Given a string s, return the number of distinct non-empty subsequences of s
. Since the answer may be very large, return it modulo 10^9 + 7
.
A subsequence of a string is a new string that is formed from the original string by deleting some (can be none) of the characters without disturbing the relative positions of the remaining characters. (i.e., "ace"
is a subsequence of "abcde"
while "aec"
is not.
Example 1:
Input: s = "abc"
Output: 7
Explanation: The 7 distinct subsequences are "a", "b", "c", "ab", "ac", "bc", and "abc".
Example 2:
Input: s = "aba"
Output: 6
Explanation: The 6 distinct subsequences are "a", "b", "ab", "aa", "ba", and "aba".
Example 3:
Input: s = "aaa"
Output: 3
Explanation: The 3 distinct subsequences are "a", "aa" and "aaa".
Constraints:
1 <= s.length <= 2000
s
consists of lowercase English letters.
Problem Analysis:
We can use dynamic programming to solve this problem. When we iterate the string, we record number of distinct subsequences which end with ith character.

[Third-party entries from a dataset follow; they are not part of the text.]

// Closing a post.
ghost use Rattle.std.specs.Prelude.{◌≡◌, ◌+◌, ◌≤◌, [], length};
ghost use Rattle.std.specs.Prelude.{IfErr, IfOk, OnOk};
ghost use Rattle.std.specs.Vec.{vec_capacity};
ghost use Rattle.flusher.specs.Closed.{HandsBack, IsClosed};
ghost use Rattle.flusher.specs.Faults.{IsPostEndFault};
ghost use Rattle.flusher.specs.Names.{IsTableAt};
ghost use Rattle.note_queue.specs.Folds.{Folds};
ghost use Rattle.peer_queue.specs.Front.{front_shape};

use crate::front_desk::{FrontDesk, FrontSeat};
use crate::naming::{
    AnsweredAtStations, AnsweredByFeeders, DroppedAtStations, DroppedByFeeders, TakenAtStations,
};
use crate::peer::Sums;
use crate::post::{Intake, PeerDesk};
use crate::share::{FeederShare, IntakeShare};
use crate::stray::Stray;
use crate::tally::Tally;
use crate::tape_desk::TapeDesk;
use crate::{Naming, Post, PostFault};
use disk_model::Disk;
use funnel::PeerName;
use ledger_core::Note;
use note_queue::{Joined, QUEUE_MAX_NOTES, join};
use recovery::Tape;
use std::alloc::{AllocError, Global};
use std::sync::Wait;
use std::sync::ledger::Share;

/// What was left of a peer when its post was closed, and what its station had counted when the post was made.
#[derive(Drop)]
pub struct ClosedPeer<D: Disk> {
    pub name: PeerName,
    /// Its front and its tape, a note that was kept beside the tape, and those that its queue held.
    pub ends: Joined<D>,
    /// What its station had counted when the post was made.
    pub opened: Sums,
}

/// What a post was made of, and what its workers counted.
#[derive(Drop)]
pub struct ClosedPost<D: Disk> {
    /// The peers, in the post's order.
    pub peers: Vec<ClosedPeer<D>>,
    pub intake: Tape<D>,
    /// What all workers counted.
    pub sums: Sums,
}

/// Why a post was not closed.
#[derive(Drop)]
pub enum CloseFault<D: Disk, N: Naming> {
    /// Memory was refused: everything is handed back.
    NoMemory(Unclosed<D, N>),
    /// A lock of this peer held what is another peer's. No run meets it. The peers before it are handed back, closed,
    /// with what this one's locks held; all else is let go.
    Stranger {
        /// The peers before it, in the post's order.
        closed: Vec<ClosedPeer<D>>,
        stray: Stray<D, N>,
    },
}

/// A post that was not closed, and the shares.
#[derive(Drop)]
pub struct Unclosed<D: Disk, N: Naming> {
    pub post: Post<D, N>,
    /// The intake's share.
    pub intake: IntakeShare<N>,
    /// The first feeder's share.
    pub first: FeederShare<N>,
    /// The second feeder's share.
    pub second: FeederShare<N>,
    /// The flusher's share.
    pub third: FeederShare<N>,
}

// The three token ledgers beside the stations, as they are put together again.
#[derive(Drop)]
struct Closing<N: Naming> {
    taken: Share<TakenAtStations<N>>,
    answered: Share<AnsweredAtStations<N>>,
    dropped: Share<DroppedAtStations<N>>,
}

impl<N: Naming> Closing<N> {
    // Puts together one more peer, the one at this place. Refused if one of its locks held what is another peer's.
    fn peer<D: Disk + Drop, R: Wait>(
        &mut self,
        rt: &R,
        place: usize,
        peer: PeerDesk<D, N>,
        room: Room,
    ) -> Result<ClosedPeer<D>, Stray<D, N>>
        requires tied { IsTableAt N.names.tables place peer.queue.table.shared.table_id }
        ensures name { IfOk result
            (λ closed. (closed.name ≡ peer.name) × (closed.opened ≡ peer.opened)) }
        ensures folds { IfOk result (λ closed. Folds closed.ends) }
        ensures parts { OnOk result ((self.new.taken.parts ≡ self.old.taken.parts + 1)
            × (self.new.answered.parts ≡ self.old.answered.parts + 1)
            × (self.new.dropped.parts ≡ self.old.dropped.parts + 1)) }
        ensures amounts { IfOk result (λ closed. (self.new.taken.amount
            ≡ self.old.taken.amount + (front_shape closed.ends.front).taken)
            × (self.new.answered.amount
            ≡ self.old.answered.amount + (front_shape closed.ends.front).answered)
            × (self.new.dropped.amount
            ≡ self.old.dropped.amount + (front_shape closed.ends.front).dropped)) }
        ensures stray { IfErr result (λ stray. stray.place ≡ place) }
    {
        let PeerDesk {
            name,
            opened,
            queue,
            front,
            tape,
            ..
        } = peer;
        let front = front.into_inner();
        let tape = tape.into_inner();
        if front.seat.place != place || tape.place != place {
            return Err(Stray { place, front, tape });
        }
        let FrontDesk {
            seat,
            taken,
            answered,
            dropped,
            ..
        } = front;
        let FrontSeat { sender, .. } = seat;
        let TapeDesk { side, .. } = tape;
        self.taken.merge(taken);
        self.answered.merge(answered);
        self.dropped.merge(dropped);
        let Room { notes, .. } = room;
        Ok(ClosedPeer {
            name,
            ends: join(rt, &queue, sender, side, notes),
            opened,
        })
    }
}

impl<D: Disk + Drop, N: Naming> Post<D, N> {
    /// Closes a post whose workers have ended. Returns each peer's front and tape, with the notes that were on their
    /// way between them; the intake tape; and what the workers counted, which is by how much the stations' counts have
    /// risen since the post was made. For each peer the tape's ledger, followed by the kept note, the queue's notes
    /// and those that were not sent, has the shape of the front's.
    ///
    /// # Errors
    /// `NoMemory`: all is handed back. `Stranger`, which no run meets: what a peer's locks held is not this peer's, and
    /// is handed back with the peers before it, which are closed.
    pub fn close<R: Wait>(
        self,
        rt: &R,
        intake: IntakeShare<N>,
        first: FeederShare<N>,
        second: FeederShare<N>,
        third: FeederShare<N>,
    ) -> Result<ClosedPost<D>, CloseFault<D, N>>
        ensures closes { IfOk result (IsClosed self intake first second third) }
        ensures returned { IfErr result (HandsBack self intake first second third) }
    {
        let Ok((mut closed, mut rooms)) = rooms(self.alloc, self.peers.len()) else {
            return Err(CloseFault::NoMemory(Unclosed {
                post: self,
                intake,
                first,
                second,
                third,
            }));
        };
        let Post {
            peers,
            intake: behind,
            taken,
            ended,
            ..
        } = self;
        let taken = taken.into_inner();
        let Tally { answered, dropped } = ended.into_inner();
        let (taken, mut takers, mut taken_at, rest_taken) = taken.parts();
        let (answered, mut answerers, mut answered_at, rest_answered) = answered.parts();
        let (dropped, mut droppers, mut dropped_at, rest_dropped) = dropped.parts();
        let mut all = Closing {
            taken: rest_taken,
            answered: rest_answered,
            dropped: rest_dropped,
        };
        let mut place = 0;
        for peer in peers {
            let Some(room) = rooms.pop() else {
                unreachable!()
            };
            let ended = match all.peer(rt, place, peer, room) {
                Ok(ended) => ended,
                Err(stray) => return Err(CloseFault::Stranger { closed, stray }),
            };
            closed.push_reserved(ended);
            place += 1;
        }
        taken_at.audit(&mut all.taken);
        answered_at.audit(&mut all.answered);
        dropped_at.audit(&mut all.dropped);
        let IntakeShare {
            taken: mut told,
            ..
        } = intake;
        takers.audit(&mut told);
        let (mut told_answered, mut told_dropped) = joined(first, second, third);
        answerers.audit(&mut told_answered);
        droppers.audit(&mut told_dropped);
        let Intake { tape } = behind.into_inner();
        Ok(ClosedPost {
            peers: closed,
            intake: tape,
            sums: Sums {
                taken,
                answered,
                dropped,
            },
        })
    }

    /// Closes the post at the end of a run, as `close` does. What is not closed is let go.
    ///
    /// # Errors
    /// `NoMemory`: memory was refused. `Stranger`, which no run meets: a lock of this peer held what is another peer's.
    pub fn end<R: Wait>(
        self,
        rt: &R,
        intake: IntakeShare<N>,
        first: FeederShare<N>,
        second: FeederShare<N>,
        third: FeederShare<N>,
    ) -> Result<ClosedPost<D>, PostFault>
        ensures closes { IfOk result (IsClosed self intake first second third) }
        ensures refuses { IfErr result (IsPostEndFault (length self.names)) }
    {
        match self.close(rt, intake, first, second, third) {
            Ok(closed) => Ok(closed),
            Err(CloseFault::NoMemory(_)) => Err(PostFault::NoMemory),
            Err(CloseFault::Stranger { stray, .. }) => Err(PostFault::Stranger {
                peer: stray.place(),
            }),
        }
    }
}

// Room for the notes that a queue may hold.
#[derive(Drop)]
struct Room {
    notes: Vec<Note>,
    ghost none: { notes.items ≡ [] },
    ghost room: { 1024 ≤ vec_capacity notes },
}

// Room for `count` peers, and for the notes of their queues.
fn rooms<D: Disk + Drop>(
    alloc: Global,
    count: usize,
) -> Result<(Vec<ClosedPeer<D>>, Vec<Room>), AllocError>
    ensures peers { IfOk result
        (λ made. (made.0.items ≡ []) × (count ≤ vec_capacity made.0)) }
    ensures rooms { IfOk result (λ made. length made.1.items ≡ count) }
{
    let mut closed = Vec::new(alloc);
    closed.reserve(count)?;
    let mut rooms = Vec::new(alloc);
    for _ in 0..count {
        let mut notes = Vec::new(alloc);
        notes.reserve(QUEUE_MAX_NOTES)?;
        rooms.push(Room { notes })?;
    }
    Ok((closed, rooms))
}

// The shares of three workers, merged.
fn joined<N: Naming>(
    first: FeederShare<N>,
    second: FeederShare<N>,
    third: FeederShare<N>,
) -> (Share<AnsweredByFeeders<N>>, Share<DroppedByFeeders<N>>)
    ensures answered { (result.0.parts ≡ 3)
        × (result.0.amount ≡ first.answered + second.answered + third.answered) }
    ensures dropped { (result.1.parts ≡ 3)
        × (result.1.amount ≡ first.dropped + second.dropped + third.dropped) }
{
    let FeederShare {
        mut answered,
        mut dropped,
    } = first;
    let FeederShare {
        answered: one,
        dropped: other,
    } = second;
    answered.merge(one);
    dropped.merge(other);
    let FeederShare {
        answered: one,
        dropped: other,
    } = third;
    answered.merge(one);
    dropped.merge(other);
    (answered, dropped)
}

When i = 0, there is only one subsequence with the first character.
If i != 0, here we assume the number of distinct subsequences in i-1 case is sum(i-1), for these subsequences, we add ith character in the end of each subsequence to form new subsequences of i case, so sum(i) = sum(i-1).

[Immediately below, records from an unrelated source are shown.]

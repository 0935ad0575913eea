// Why a call of a post was refused.
ghost use Rattle.std.specs.Prelude.{◌≡◌, ◌↔◌, IsTrue};
ghost use Rattle.flusher.specs.Faults.{HasBroken, IsOfTape};
ghost use Rattle.peer_queue.specs.Faults.{station_fault};

use peer_queue::StationFault;
use recovery::TapeFault;
use thiserror::Error;

/// Why a call of a post is refused.
#[derive(Clone, Copy, Debug, PartialEq, Eq, Error)]
pub enum PostFault {
    /// The station of this peer refused.
    #[error("Station {fault}")]
    Station { peer: usize, fault: StationFault },
    /// The intake tape refused.
    #[error("Intake {0}")]
    Intake(TapeFault),
    /// The line's number, or a tally, would pass its greatest value.
    #[error("CountFull")]
    CountFull,
    /// The mark of this peer's front is not the share's; or the front or the tape that was found at its place is
    /// another peer's; or the tape doesn't owe what the front does; or the front doesn't accept the answer of a flush,
    /// which is of another tape's place, or counts more than was sent. No run meets it.
    #[error("Stranger")]
    Stranger { peer: usize },
    /// Memory was refused.
    #[error("NoMemory")]
    NoMemory,
    /// This peer's front is in use, or its tape, which alone has the texts of a debt, and the call waits for nobody.
    #[error("Busy")]
    Busy { peer: usize },
}

impl PostFault {
    // Whether a tape failed, so that the other peers' debts can be worked off, and no more lines be taken.
    pub(crate) fn is_of_tape(&self) -> bool
        ensures { IsTrue result ↔ IsOfTape self.now }
    {
        match self {
            PostFault::Station {
                fault: StationFault::Broken | StationFault::Tape(_),
                ..
            } => true,
            PostFault::Intake(fault) => !matches!(fault, TapeFault::NoMemory),
            _ => false,
        }
    }
}

impl PostFault {
    // A fault of a peer's tape.
    pub(crate) fn of_tape(peer: usize, fault: TapeFault) -> PostFault
        ensures { result ≡ PostFault.Station peer (station_fault fault) }
    {
        let fault = match fault {
            TapeFault::Broken => StationFault::Broken,
            TapeFault::NoMemory => StationFault::NoMemory,
            fault => StationFault::Tape(fault),
        };
        PostFault::Station { peer, fault }
    }

    // Whether a disk of a peer's tape failed, now or before.
    pub(crate) fn has_broken(&self) -> bool
        ensures { IsTrue result ↔ HasBroken self.now }
    {
        matches!(
            self,
            PostFault::Station {
                fault: StationFault::Broken | StationFault::Tape(TapeFault::Disk),
                ..
            }
        )
    }
}

// Why a front did not take a line.
#[derive(Clone, Copy, Debug, PartialEq, Eq)]
pub(crate) enum TakeFault {
    Stranger,
    Station(StationFault),
}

But here we still need to add 1, as we can regard the ith character as a subsequence.
We add all number of distinct subsequences in i case, then we get the answer.
Solution
class Solution {
public:
int distinctSubseqII(string s) {
const int mod = 1e9 + 7;
vector<long long> ends(26);
for (const auto ch : s)
ends[ch - 'a'] = accumulate(begin(ends), end(ends), 1LL) % mod;
return accumulate(begin(ends), end(ends), 0LL) % mod;
}
};
Time complexity is O(n)
Space complexity is O(1)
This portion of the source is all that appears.